BEGIN DATA TO PROCESS

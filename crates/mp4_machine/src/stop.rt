//! Why a run stops.

ghost use Rattle.std.specs.Prelude.{◌≡◌};
ghost use Rattle.mp4_machine.specs.Inputs.{refusal_of};

use mp4_box::Fault;
use mp4_ledger::Refused;

/// Why a run stopped.
#[derive(Clone, Copy, Debug, PartialEq, Eq)]
pub enum Stop {
    /// The stream has this fault.
    Stream(Fault),
    /// A read failed, after so many bytes.
    Read {
        /// How many bytes were read.
        at: u64,
    },
    /// A write failed.
    Write,
    /// A claim would pass the ledger's limit.
    OverLimit,
    /// The allocator gave no memory.
    Memory,
}

impl Stop {
    /// The stop of a run whose claim was refused so.
    pub fn of_refusal(refused: Refused) -> Stop
        ensures { result ≡ refusal_of refused }
    {
        match refused {
            Refused::OverLimit => Stop::OverLimit,
            Refused::Memory => Stop::Memory,
        }
    }
}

END DATA TO PROCESS

# REQUIRED WORK
No line before the one containing "so many bytes." belongs in the answer; give again exactly that line and all lines after it through the end of the data.

# FINISHED TASK
    /// A read failed, after so many bytes.
    Read {
        /// How many bytes were read.
        at: u64,
    },
    /// A write failed.
    Write,
    /// A claim would pass the ledger's limit.
    OverLimit,
    /// The allocator gave no memory.
    Memory,
}

impl Stop {
    /// The stop of a run whose claim was refused so.
    pub fn of_refusal(refused: Refused) -> Stop
        ensures { result ≡ refusal_of refused }
    {
        match refused {
            Refused::OverLimit => Stop::OverLimit,
            Refused::Memory => Stop::Memory,
        }
    }
}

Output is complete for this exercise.